In her speech, Ms O’Neil cites the example of Qantas, which — despite receiving $800m in federal government assistance — has still cut 6000 workers and outsourced its entire 2500-strong ground crew, almost all of whom are male. Of the jobs lost and under threat, Ms O’Neil says they are predominantly in the outer suburbs and ­regions, and particularly acute in places such as suburban Adelaide, the outer fringes of Melbourne, the NSW central coast and Coffs Harbour and in southeastern Queensland.

She will say that none of these men are getting the attention they deserve because the narrative around male privilege is focused on the economic power and success of wealthy, inner-city males.

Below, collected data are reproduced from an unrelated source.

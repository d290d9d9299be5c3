// A list and a shared value, each seen by contracts as what it holds.
ghost use Rattle.std.specs.Prelude.{◌≡◌, [], ◌∷◌, ◌++◌, List, IfOk, OnOk, OnErr};
ghost use Rattle.std.specs.Arc.{arc_value};

use crate::outside::Memory;
use std::alloc::Global;
use std::marker::Model;
use std::sync::Arc;

/// A `Vec<T>`, which a contract sees as its items.
#[derive(Drop)]
pub struct Seq<T> {
    inner: Vec<T>,
}

impl<T> Model for Seq<T> {
    ghost use Rattle.std.specs.Prelude.{List};
    ghost use Rattle.std.specs.Coded.{coded_list};

    ghost Value = { List T };

    ghost coded = { coded_list T.code };

    ghost view = { λ s. s.inner.items };
}

impl<T> Seq<T> {
    /// No items, without memory.
    pub fn new(alloc: Global) -> Self
        ensures { result ≡ [] }
    {
        Seq {
            inner: Vec::new(alloc),
        }
    }

    /// Wraps a vector, without memory.
    pub fn of(inner: Vec<T>) -> Self
        ensures { result ≡ inner.items }
    {
        Seq { inner }
    }

    /// The vector, without memory.
    pub fn into_inner(self) -> Vec<T>
        ensures { result.items ≡ self }
    {
        let Seq { inner } = self;
        inner
    }

    /// The items, lent.
    pub fn as_slice(&self) -> &[T]
        ensures { result.now ≡ self.now }
    {
        self.inner.as_slice()
    }
}

impl<T: Drop> Seq<T> {
    /// Adds an item at the end. Where memory is wanting nothing changes.
    pub fn push(&mut self, item: T) -> Result<(), Memory>
        ensures ok { OnOk result (self.new ≡ self.old ++ item ∷ []) }
        ensures err { OnErr result (self.new ≡ self.old) }
    {
        self.inner.push(item)?;
        Ok(())
    }
}

/// An `Arc<T>`, which a contract sees as the value that is shared, whatever its address.
#[derive(Drop)]
pub struct Shared<T> {
    inner: Arc<T>,
}

impl<T> Model for Shared<T> {
    ghost Value = { T };

    ghost coded = { T.code };

    ghost view = { λ s. arc_value s.inner };
}

impl<T> Shared<T> {
    /// Wraps a counted pointer, without memory.
    pub fn of(inner: Arc<T>) -> Self
        ensures { result ≡ arc_value inner }
    {
        Shared { inner }
    }

    /// The value.
    pub fn value(&self) -> &T
        ensures { result.now ≡ self.now }
    {
        &self.inner
    }

    /// The same value, held once more. It takes memory only where the count of holders stands at its end.
    pub fn share(&self) -> Result<Self, Memory>
        ensures { IfOk result (λ other. other ≡ self.now) }
    {
        match Arc::try_clone(&self.inner) {
            Ok(inner) => Ok(Shared { inner }),
            Err(_) => Err(Memory),
        }
    }
}

impl<T: Drop> Shared<T> {
    /// Moves a value to where it can be shared.
    pub fn new(alloc: Global, value: T) -> Result<Self, Memory>
        ensures { IfOk result (λ shared. shared ≡ value) }
    {
        Ok(Shared {
            inner: Arc::new(alloc, value)?,
        })
    }
}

She will also warn that the plight of these men is being ­ignored because of a narrative that focuses on men who are violent and misogynistic, and that they risk drifting to the political extremes if they continue to be dismissed. “There’s a broader political culture here that I worry isn’t leading to the kind of open discussion that we need to move forward,” Ms O’Neil will say.

“We are clearly comfortable talking about issues that primarily affect women — and that’s brilliant, and important.

“But I wonder if we feel the same freedom to give unapologetic focus to some of the issues I’ve discussed today.

“The public conversation — like so much of the political discussion today — feels to me very polarised.”